──────── Input material

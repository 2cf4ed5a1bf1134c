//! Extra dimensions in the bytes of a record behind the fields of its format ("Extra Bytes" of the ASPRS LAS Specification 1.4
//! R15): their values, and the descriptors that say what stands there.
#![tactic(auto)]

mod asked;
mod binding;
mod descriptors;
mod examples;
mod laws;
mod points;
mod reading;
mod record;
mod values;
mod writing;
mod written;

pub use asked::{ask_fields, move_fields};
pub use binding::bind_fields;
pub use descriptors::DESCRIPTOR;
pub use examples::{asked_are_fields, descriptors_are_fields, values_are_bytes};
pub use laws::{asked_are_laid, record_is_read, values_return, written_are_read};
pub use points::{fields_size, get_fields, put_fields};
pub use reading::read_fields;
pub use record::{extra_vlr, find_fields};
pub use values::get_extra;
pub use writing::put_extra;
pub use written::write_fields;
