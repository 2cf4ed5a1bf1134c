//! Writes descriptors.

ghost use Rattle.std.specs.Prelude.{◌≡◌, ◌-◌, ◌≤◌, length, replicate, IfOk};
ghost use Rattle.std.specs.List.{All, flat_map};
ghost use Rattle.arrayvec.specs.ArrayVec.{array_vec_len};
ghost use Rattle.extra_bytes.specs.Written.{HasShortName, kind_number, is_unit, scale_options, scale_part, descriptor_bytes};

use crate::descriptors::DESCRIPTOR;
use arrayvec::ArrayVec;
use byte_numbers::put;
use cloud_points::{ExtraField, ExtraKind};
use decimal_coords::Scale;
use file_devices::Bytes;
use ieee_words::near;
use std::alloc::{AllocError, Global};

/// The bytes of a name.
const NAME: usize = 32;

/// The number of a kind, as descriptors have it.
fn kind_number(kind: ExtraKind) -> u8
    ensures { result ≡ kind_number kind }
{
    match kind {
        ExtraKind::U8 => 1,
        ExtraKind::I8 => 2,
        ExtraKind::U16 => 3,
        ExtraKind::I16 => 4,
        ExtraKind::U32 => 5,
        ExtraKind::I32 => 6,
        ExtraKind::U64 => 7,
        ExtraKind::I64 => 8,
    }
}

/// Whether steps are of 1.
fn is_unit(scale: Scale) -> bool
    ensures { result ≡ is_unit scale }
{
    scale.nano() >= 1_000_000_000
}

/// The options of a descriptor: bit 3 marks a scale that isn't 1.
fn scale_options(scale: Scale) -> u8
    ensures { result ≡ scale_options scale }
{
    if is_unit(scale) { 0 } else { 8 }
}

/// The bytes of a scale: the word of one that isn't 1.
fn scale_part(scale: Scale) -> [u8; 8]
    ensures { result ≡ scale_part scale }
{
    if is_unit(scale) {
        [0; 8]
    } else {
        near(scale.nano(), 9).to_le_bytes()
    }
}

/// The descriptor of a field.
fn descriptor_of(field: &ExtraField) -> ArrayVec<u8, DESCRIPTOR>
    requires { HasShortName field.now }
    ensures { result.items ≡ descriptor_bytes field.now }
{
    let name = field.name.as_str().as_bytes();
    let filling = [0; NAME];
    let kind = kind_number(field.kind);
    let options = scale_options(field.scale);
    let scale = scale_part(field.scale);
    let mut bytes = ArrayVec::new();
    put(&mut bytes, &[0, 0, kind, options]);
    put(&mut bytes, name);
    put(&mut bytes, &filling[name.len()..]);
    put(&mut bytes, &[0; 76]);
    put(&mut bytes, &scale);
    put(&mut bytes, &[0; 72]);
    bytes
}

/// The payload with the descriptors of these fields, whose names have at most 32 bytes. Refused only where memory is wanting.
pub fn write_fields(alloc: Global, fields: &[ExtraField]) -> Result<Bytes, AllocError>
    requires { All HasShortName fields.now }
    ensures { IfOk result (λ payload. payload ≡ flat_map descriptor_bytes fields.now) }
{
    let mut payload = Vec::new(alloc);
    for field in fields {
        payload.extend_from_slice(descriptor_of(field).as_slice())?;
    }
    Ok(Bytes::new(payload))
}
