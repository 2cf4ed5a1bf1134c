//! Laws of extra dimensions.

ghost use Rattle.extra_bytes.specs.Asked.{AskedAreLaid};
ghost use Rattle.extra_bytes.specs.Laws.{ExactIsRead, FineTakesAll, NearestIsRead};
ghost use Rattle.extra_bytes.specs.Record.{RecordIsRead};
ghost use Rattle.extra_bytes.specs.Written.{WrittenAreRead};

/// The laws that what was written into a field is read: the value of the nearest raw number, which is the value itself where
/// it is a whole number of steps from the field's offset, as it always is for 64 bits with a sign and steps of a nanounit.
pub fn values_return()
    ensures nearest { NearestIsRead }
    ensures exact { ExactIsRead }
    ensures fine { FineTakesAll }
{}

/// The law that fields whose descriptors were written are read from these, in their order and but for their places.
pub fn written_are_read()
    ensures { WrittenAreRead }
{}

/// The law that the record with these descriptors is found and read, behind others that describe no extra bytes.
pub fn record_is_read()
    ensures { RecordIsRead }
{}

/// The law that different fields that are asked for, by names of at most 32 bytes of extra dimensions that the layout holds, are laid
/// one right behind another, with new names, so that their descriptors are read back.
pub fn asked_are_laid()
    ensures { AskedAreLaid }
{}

────────────────

The full listing, repeated exactly, is the expected answer.

Output of the task »
repository 2cf4ed5a1bf1134c
//! Extra dimensions in the bytes of a record behind the fields of its format ("Extra Bytes" of the ASPRS LAS Specification 1.4
//! R15): their values, and the descriptors that say what stands there.
#![tactic(auto)]

mod asked;
mod binding;
mod descriptors;
mod examples;
mod laws;
mod points;
mod reading;
mod record;
mod values;
mod writing;
mod written;

pub use asked::{ask_fields, move_fields};
pub use binding::bind_fields;
pub use descriptors::DESCRIPTOR;
pub use examples::{asked_are_fields, descriptors_are_fields, values_are_bytes};
pub use laws::{asked_are_laid, record_is_read, values_return, written_are_read};
pub use points::{fields_size, get_fields, put_fields};
pub use reading::read_fields;
pub use record::{extra_vlr, find_fields};
pub use values::get_extra;
pub use writing::put_extra;
pub use written::write_fields;
repository 2cf4ed5a1bf1134c
//! Writes descriptors.

ghost use Rattle.std.specs.Prelude.{◌≡◌, ◌-◌, ◌≤◌, length, replicate, IfOk};
ghost use Rattle.std.specs.List.{All, flat_map};
ghost use Rattle.arrayvec.specs.ArrayVec.{array_vec_len};
ghost use Rattle.extra_bytes.specs.Written.{HasShortName, kind_number, is_unit, scale_options, scale_part, descriptor_bytes};

use crate::descriptors::DESCRIPTOR;
use arrayvec::ArrayVec;
use byte_numbers::put;
use cloud_points::{ExtraField, ExtraKind};
use decimal_coords::Scale;
use file_devices::Bytes;
use ieee_words::near;
use std::alloc::{AllocError, Global};

/// The bytes of a name.
const NAME: usize = 32;

/// The number of a kind, as descriptors have it.
fn kind_number(kind: ExtraKind) -> u8
    ensures { result ≡ kind_number kind }
{
    match kind {
        ExtraKind::U8 => 1,
        ExtraKind::I8 => 2,
        ExtraKind::U16 => 3,
        ExtraKind::I16 => 4,
        ExtraKind::U32 => 5,
        ExtraKind::I32 => 6,
        ExtraKind::U64 => 7,
        ExtraKind::I64 => 8,
    }
}

/// Whether steps are of 1.
fn is_unit(scale: Scale) -> bool
    ensures { result ≡ is_unit scale }
{
    scale.nano() >= 1_000_000_000
}

/// The options of a descriptor: bit 3 marks a scale that isn't 1.
fn scale_options(scale: Scale) -> u8
    ensures { result ≡ scale_options scale }
{
    if is_unit(scale) { 0 } else { 8 }
}

/// The bytes of a scale: the word of one that isn't 1.
fn scale_part(scale: Scale) -> [u8; 8]
    ensures { result ≡ scale_part scale }
{
    if is_unit(scale) {
        [0; 8]
    } else {
        near(scale.nano(), 9).to_le_bytes()
    }
}

/// The descriptor of a field.
fn descriptor_of(field: &ExtraField) -> ArrayVec<u8, DESCRIPTOR>
    requires { HasShortName field.now }
    ensures { result.items ≡ descriptor_bytes field.now }
{
    let name = field.name.as_str().as_bytes();
    let filling = [0; NAME];
    let kind = kind_number(field.kind);
    let options = scale_options(field.scale);
    let scale = scale_part(field.scale);
    let mut bytes = ArrayVec::new();
    put(&mut bytes, &[0, 0, kind, options]);
    put(&mut bytes, name);
    put(&mut bytes, &filling[name.len()..]);
    put(&mut bytes, &[0; 76]);
    put(&mut bytes, &scale);
    put(&mut bytes, &[0; 72]);
    bytes
}

/// The payload with the descriptors of these fields, whose names have at most 32 bytes. Refused only where memory is wanting.
pub fn write_fields(alloc: Global, fields: &[ExtraField]) -> Result<Bytes, AllocError>
    requires { All HasShortName fields.now }
    ensures { IfOk result (λ payload. payload ≡ flat_map descriptor_bytes fields.now) }
{
    let mut payload = Vec::new(alloc);
    for field in fields {
        payload.extend_from_slice(descriptor_of(field).as_slice())?;
    }
    Ok(Bytes::new(payload))
}
repository 2cf4ed5a1bf1134c
//! Laws of extra dimensions.

ghost use Rattle.extra_bytes.specs.Asked.{AskedAreLaid};
ghost use Rattle.extra_bytes.specs.Laws.{ExactIsRead, FineTakesAll, NearestIsRead};
ghost use Rattle.extra_bytes.specs.Record.{RecordIsRead};
ghost use Rattle.extra_bytes.specs.Written.{WrittenAreRead};

/// The laws that what was written into a field is read: the value of the nearest raw number, which is the value itself where
/// it is a whole number of steps from the field's offset, as it always is for 64 bits with a sign and steps of a nanounit.
pub fn values_return()
    ensures nearest { NearestIsRead }
    ensures exact { ExactIsRead }
    ensures fine { FineTakesAll }
{}

/// The law that fields whose descriptors were written are read from these, in their order and but for their places.
pub fn written_are_read()
    ensures { WrittenAreRead }
{}

/// The law that the record with these descriptors is found and read, behind others that describe no extra bytes.
pub fn record_is_read()
    ensures { RecordIsRead }
{}

/// The law that different fields that are asked for, by names of at most 32 bytes of extra dimensions that the layout holds, are laid
/// one right behind another, with new names, so that their descriptors are read back.
pub fn asked_are_laid()
    ensures { AskedAreLaid }
{}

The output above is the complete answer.